Transcribe the records below. Leave nothing out and change nothing.

Records to process =
========
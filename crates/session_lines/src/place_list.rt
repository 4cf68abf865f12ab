//! Where places stand, as an answer tells it.
ghost use Rattle.std.specs.Prelude.{◌≡◌};

use std::marker::Model;

/// For each of some places how many visible characters stand before it, if it is known. Contracts
/// see the list of them.
#[derive(Drop)]
pub struct PlaceList {
    places: Vec<Option<usize>>,
}

impl Model for PlaceList {
    ghost use Rattle.std.specs.Prelude.{List, ℕ, Option};

    ghost Value = { List (Option ℕ) };

    ghost view = { λ l. l.places.items };
}

impl From<Vec<Option<usize>>> for PlaceList {
    ghost from_gives = { λ places result. result ≡ places.items };

    fn from(places: Vec<Option<usize>>) -> PlaceList {
        PlaceList { places }
    }
}

impl PlaceList {
    /// The places, in order.
    pub fn as_slice(&self) -> &[Option<usize>]
        ensures { result.now ≡ self.now }
    {
        &self.places
    }
}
========
Worked solution =
filename crates/session_lines/src/place_list.rt
repository 4cf68abf865f12ab
//! Where places stand, as an answer tells it.
ghost use Rattle.std.specs.Prelude.{◌≡◌};

use std::marker::Model;

/// For each of some places how many visible characters stand before it, if it is known. Contracts
/// see the list of them.
#[derive(Drop)]
pub struct PlaceList {
    places: Vec<Option<usize>>,
}

impl Model for PlaceList {
    ghost use Rattle.std.specs.Prelude.{List, ℕ, Option};

    ghost Value = { List (Option ℕ) };

    ghost view = { λ l. l.places.items };
}

impl From<Vec<Option<usize>>> for PlaceList {
    ghost from_gives = { λ places result. result ≡ places.items };

    fn from(places: Vec<Option<usize>>) -> PlaceList {
        PlaceList { places }
    }
}

impl PlaceList {
    /// The places, in order.
    pub fn as_slice(&self) -> &[Option<usize>]
        ensures { result.now ≡ self.now }
    {
        &self.places
    }
}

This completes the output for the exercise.